A wall running north-south for some 15m. can now be seen to continue straight across the island, thanks to the opening of a new trench some 10m. to the north. It is now certain that this wall continues for some 60m. to the very northern edge of Geronisos, where it was revealed during the 1997 excavations. This wall is part of the late Hellenistic ground plan, and may skirt a roadway or gravel paved path that runs from north-south just to the east of it.

The 2006 season on Geronisos included the participation of a number of eminent scholars engaged in the study of material excavated from the Island. Prof. Dimitris Plantzos of the University of Peloponnese came to study the unique series of stamp-seal amulets from Geronisos. His publication of this material, which shows important links with seal impressions found at Edfu in Egypt, will appear in the Report of the Department of Antiquities of Cyprus for 2006.

Dr. George Maat of the University of Leiden’s School of Medicine came to study a skeleton unearthed on Geronisos in 2004. He has identified it as belonging to an individual aged 7.5-14.5 years, most probably in the 10-12 year old range. Though the child is too young to show definitive indicators of sex, indentations on the chin point may indicate that the individual was male. Buried at the very base of the island, these skeletal remains have given a C-14 date of the 1st century B.C.-1st century A.D.

Dr. Jolanta Mlynarczyk of the Univeristy of Warsaw continued her study of the late Hellenistic ceramics of Geronisos, while Dr. Mariusz Burdajewicz of the Warsaw Museum continued his study of the glass finds and prepared drawings of the pottery and architecture. Dr. Richard Anderson, architect of the Agora Excavations in Athens, prepared a new site plan of Geronisos using a total station laser theodolite.

Simon Demetropoulos served as staff ecologist and began his study of the Geronisos land snails. Dr. Paul Croft of the Lemba Archaeological Field Unit oversaw the ongoing program of rubble wall consolidation and in situ conservation.

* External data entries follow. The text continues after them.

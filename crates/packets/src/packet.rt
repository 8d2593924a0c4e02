// One packet: what stands at the front of the words that are lent, and the words of a packet, laid.
ghost use Rattle.std.specs.Prelude.{◌≡◌, [], ◌∷◌, ◌++◌, ◌+◌, length};
ghost use Rattle.words.specs.Checksum.{checksum};
ghost use Rattle.packets.specs.Packet.{body_words, packet_words, laid_in};
ghost use Rattle.packets.specs.Gap.{flag_at, fault_at, look_at};

use crate::fill;
use sums::checksum;
use words::forms;

// What stands at the front of a gap.
#[derive(Clone, Copy)]
pub enum Look {
    Nothing, // no whole flag
    Whole { did: u8, second: u8, count: u8 }, // a packet without fault; its user words are those from index 6 on
    Bad(u8), // a flag, and a packet with the fault 21, 22 or 23
}

// A whole flag stands at the front.
fn is_flag(gap: &[u16]) -> bool
    ensures { result ≡ flag_at gap.now }
{
    gap.starts_with(&[0x000, 0x3ff, 0x3ff])
}

// The lowest of 21, 22 and 23 that holds of the packet at the front, or 0. Nothing behind the gap is looked at.
fn fault_at(gap: &[u16]) -> u8
    ensures { result ≡ fault_at gap.now }
{
    if gap.len() < 7 {
        return 21;
    }
    let count = (gap[5] % 256) as usize;
    let end = count + 6;
    let long = count + 7;
    if gap.len() < long {
        return 21;
    }
    let sum = checksum::checksum_of(&gap[3..end]);
    let formed = line::forms::all_byte(&gap[3..6]) & line::forms::all_data(&gap[6..long]);
    let r23 = lists::or_else(gap[end] != sum, 23, 0);
    lists::or_else(!formed, 22, r23)
}

// The packet at the front of any words.
pub fn look_at(gap: &[u16]) -> Look
    ensures { result ≡ look_at gap.now }
{
    if !is_flag(gap) {
        return Look::Nothing;
    }
    let fault = fault_at(gap);
    if fault != 0 {
        return Look::Bad(fault);
    }
    Look::Whole {
        did: (gap[3] % 256) as u8,
        second: (gap[4] % 256) as u8,
        count: (gap[5] % 256) as u8,
    }
}

// DID, second word and count in byte form, and the user words in data form.
fn lay_body(did: u8, second: u8, values: &[u16], out: &mut [u16])
    requires { length out.old ≡ length values.now + 3 }
    ensures { out.new ≡ body_words did second values.now }
{
    let first = forms::byte_word(u16::from(did));
    let next = forms::byte_word(u16::from(second));
    let count = forms::byte_word((values.len() % 256) as u16);
    let (head, users) = out.split_at_mut(3);
    head.copy_from_slice(&[first, next, count]);
    fill::put(values, users, forms::data_word);
}

// These, and the checksum behind them.
fn lay_summed(did: u8, second: u8, values: &[u16], out: &mut [u16])
    requires { length out.old ≡ length values.now + 4 }
    ensures { out.new ≡ body_words did second values.now ++ (checksum (body_words did second values.now) ∷ []) }
{
    let (body, sum) = out.split_at_mut(values.len() + 3);
    lay_body(did, second, values, body);
    sum.copy_from_slice(&[checksum::checksum_of(body)]);
}

// The flag, and all behind it.
#[tactic(auto, unfolding(crate::specs::Packet::packet_words))]
fn lay_whole(did: u8, second: u8, values: &[u16], out: &mut [u16])
    requires { length out.old ≡ length values.now + 7 }
    ensures { out.new ≡ packet_words did second values.now }
{
    let (flag, rest) = out.split_at_mut(3);
    flag.copy_from_slice(&[0x000, 0x3ff, 0x3ff]);
    lay_summed(did, second, values, rest);
}

// Lays a packet into a part that is exactly as long as its words are; into any other part it lays nothing.
#[tactic(auto, unfolding(lists::specs::Tests::pick))]
pub fn lay(did: u8, second: u8, values: &[u16], out: &mut [u16])
    ensures { out.new ≡ laid_in did second values.now out.old }
{
    if 7 <= out.len() && out.len() - 7 == values.len() {
        lay_whole(did, second, values, out);
    }
}
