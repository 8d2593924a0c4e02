// The packets that ride in the gap of a line, as BT.1364 has them: each begins with 000h 3FFh 3FFh, and they stand one behind another from the
// gap's first word on. The list ends where no whole flag stands next, or at a bad packet, with 21, 22 or 23.
#![tactic(auto)]

pub mod packet; // packet.rt: one packet, looked at and laid
pub mod list; // list.rt: the packets in the gap of a line that the line check accepts
mod fill; // fill.rt: lent parts filled
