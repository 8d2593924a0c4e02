// A line read, with an allowance or none.
ghost use Rattle.std.specs.Prelude.{◌≡◌};
ghost use Rattle.calls.specs.Reading.{gave, reads, reads_within};

#[unsafe(no_mangle)]
pub extern "C" fn sdti_read(state: &mut [u8], line: &[u8], room: &mut [u8], event: &mut [u8]) -> u32
    ensures { gave result state.new room.new event.new
        ≡ reads state.old line.now room.old event.old }
{
    host::reading::sdti_read(state, line, room, event)
}

#[unsafe(no_mangle)]
pub extern "C" fn sdti_read_within(
    state: &mut [u8],
    allowance: u64,
    line: &[u8],
    room: &mut [u8],
    event: &mut [u8],
) -> u32
    ensures { gave result state.new room.new event.new
        ≡ reads_within allowance state.old line.now room.old event.old }
{
    host::reading::sdti_read_within(state, allowance, line, room, event)
}
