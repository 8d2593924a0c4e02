// A line opened, blocks and packets added, the line closed.
ghost use Rattle.std.specs.Prelude.{◌≡◌};
ghost use Rattle.calls.specs.Writing.{wrote, opens, adds, packs, closes, wrote_many, adds_many};

#[unsafe(no_mangle)]
pub extern "C" fn sdti_open(
    state: &mut [u8],
    f: bool,
    v: bool,
    number: u32,
    settings: &[u8],
    line: &mut [u8],
) -> u32
    ensures { wrote result state.new line.new ≡ opens state.old f v number settings.now line.old }
{
    host::writing::sdti_open(state, f, v, number, settings, line)
}

#[unsafe(no_mangle)]
pub extern "C" fn sdti_add(state: &mut [u8], kind: u32, values: &[u8], line: &mut [u8]) -> u32
    ensures { wrote result state.new line.new ≡ adds state.old kind values.now line.old }
{
    host::writing::sdti_add(state, kind, values, line)
}

#[unsafe(no_mangle)]
pub extern "C" fn sdti_add_many(
    state: &mut [u8],
    blocks: &[u8],
    line: &mut [u8],
    finished: &mut u64,
) -> u32
    ensures { wrote_many result state.new line.new finished.new ≡ adds_many state.old blocks.now line.old finished.old }
{
    host::writing::sdti_add_many(state, blocks, line, finished)
}

#[unsafe(no_mangle)]
pub extern "C" fn sdti_packet(
    state: &mut [u8],
    did: u8,
    second: u8,
    values: &[u8],
    line: &mut [u8],
) -> u32
    ensures { wrote result state.new line.new ≡ packs state.old did second values.now line.old }
{
    host::writing::sdti_packet(state, did, second, values, line)
}

#[unsafe(no_mangle)]
pub extern "C" fn sdti_close(state: &mut [u8], line: &mut [u8]) -> u32
    ensures { wrote result state.new line.new ≡ closes state.old line.old }
{
    host::writing::sdti_close(state, line)
}
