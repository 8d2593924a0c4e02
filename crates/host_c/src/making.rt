// A reader or a writer made.
ghost use Rattle.std.specs.Prelude.{◌≡◌};
ghost use Rattle.calls.specs.Making.{made, makes_reader, makes_writer};

#[unsafe(no_mangle)]
pub extern "C" fn sdti_reader(system: u8, mode: u8, state: &mut [u8]) -> u32
    ensures { made result state.new ≡ makes_reader system mode state.old }
{
    host::making::sdti_reader(system, mode, state)
}

#[unsafe(no_mangle)]
pub extern "C" fn sdti_writer(system: u8, mode: u8, state: &mut [u8]) -> u32
    ensures { made result state.new ≡ makes_writer system mode state.old }
{
    host::making::sdti_writer(system, mode, state)
}
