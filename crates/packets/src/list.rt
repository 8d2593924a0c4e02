// The packets in the gap of an accepted line, listed flat: DID, second word, how many user words, and these. A packet has four words fewer
// there than in the gap, so that the list always fits a buffer of the gap's length.
ghost use Rattle.std.specs.Prelude.{◌≡◌, ◌+◌, ◌≤◌, length};
ghost use Rattle.line.specs.Systems.{system_of};
ghost use Rattle.packets.specs.Packet.{entry_of};
ghost use Rattle.packets.specs.Gap.{count_at, packet_at, list_in};
ghost use Rattle.packets.specs.Listing.{gap_length, outcome, none_listed, listed_of, listing};

use crate::packet::Look;
use crate::{fill, packet};
use line::systems;
use linecheck::check;

// What the listing answers: 1 or the line check's number, or 0; and where it is 0, how many packets there are, how many words the flat list has
// and how many words of the gap they take; and the number of the bad packet that ended the list, 21, 22 or 23, or 0.
#[derive(Clone, Copy)]
pub struct Listed {
    pub fault: u8,
    pub packets: usize,
    pub words: usize,
    pub gap: usize,
    pub stop: u8,
}

// The packet at the front of the gap, flat, into a part of its length.
fn list_one(gap: &[u16], out: &mut [u16])
    requires { (count_at gap.now + 7 ≤ length gap.now) × (length out.old ≡ count_at gap.now + 3) }
    ensures { out.new ≡ entry_of (packet_at gap.now) }
{
    let count = gap[5] % 256;
    let end = count as usize + 6;
    let (head, values) = out.split_at_mut(3);
    head.copy_from_slice(&[gap[3] % 256, gap[4] % 256, count]);
    fill::put(&gap[6..end], values, |w| w % 512);
}

// No packet is listed: the line has a fault, or the list ends here, with the number of a bad packet or with none.
fn none_listed(fault: u8, stop: u8) -> Listed
    ensures { result ≡ none_listed fault stop }
{
    Listed {
        fault,
        packets: 0,
        words: 0,
        gap: 0,
        stop,
    }
}

// The packets from the front of the gap on: the first, and by a call for what lies behind it the others.
fn list_from(gap: &[u16], out: &mut [u16]) -> Listed
    requires { length gap.now ≤ length out.old }
    ensures { outcome result out.new ≡ listed_of (list_in gap.now) out.old }
{
    match packet::look_at(gap) {
        Look::Nothing => none_listed(0, 0),
        Look::Bad(stop) => none_listed(0, stop),
        Look::Whole { count, .. } => {
            let k = count as usize + 3;
            let long = count as usize + 7;
            list_one(gap, &mut out[..k]);
            let rest = list_from(&gap[long..], &mut out[k..]);
            Listed {
                fault: 0,
                packets: rest.packets + 1,
                words: rest.words + k,
                gap: rest.gap + long,
                stop: rest.stop,
            }
        }
    }
}

// How many words the gap of a line has; 0 where there is no such system.
pub fn gap_length(system: u8) -> usize
    ensures { result ≡ gap_length (system_of system) }
{
    let s = systems::system_of(system);
    s.length.saturating_sub(s.payload).saturating_sub(61)
}

// Lists the packets in a line's gap.
pub fn list(system: u8, mode: u8, line: &[u16], out: &mut [u16]) -> Listed
    ensures { outcome result out.new ≡ listing system mode line.now out.old }
{
    let gap = gap_length(system);
    if out.len() != gap {
        return none_listed(1, 0);
    }
    let fault = check::check(system, mode, line).fault;
    if fault != 0 {
        return none_listed(fault, 0);
    }
    let end = 57 + gap;
    list_from(&line[57..end], out)
}
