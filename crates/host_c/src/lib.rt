// The archive for C: each function of the crate host under the name that include/sdti.h gives it, with the same clauses. It does no more, because an archive is
// proved anew each time that it is made.
#![tactic(auto)]

mod making; // making.rt: a reader or a writer made
mod reading; // reading.rt: a line read, with an allowance or none
mod writing; // writing.rt: a line opened, blocks and packets added, the line closed
mod looking; // looking.rt: a line checked, and the packets of its gap listed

Walls were reconstituted using a mortar of red sand, white sand, lime, and cement in proportions recommended by the Department of Antiquities of Cyprus. Mud pisι was reconstituted with a mixture of Geronisos earth, marl, chaff, and wood glue. All wall foundations have been covered with geo-textiles at the close of the season and buried in a light backfilling of earth for protect from the elements.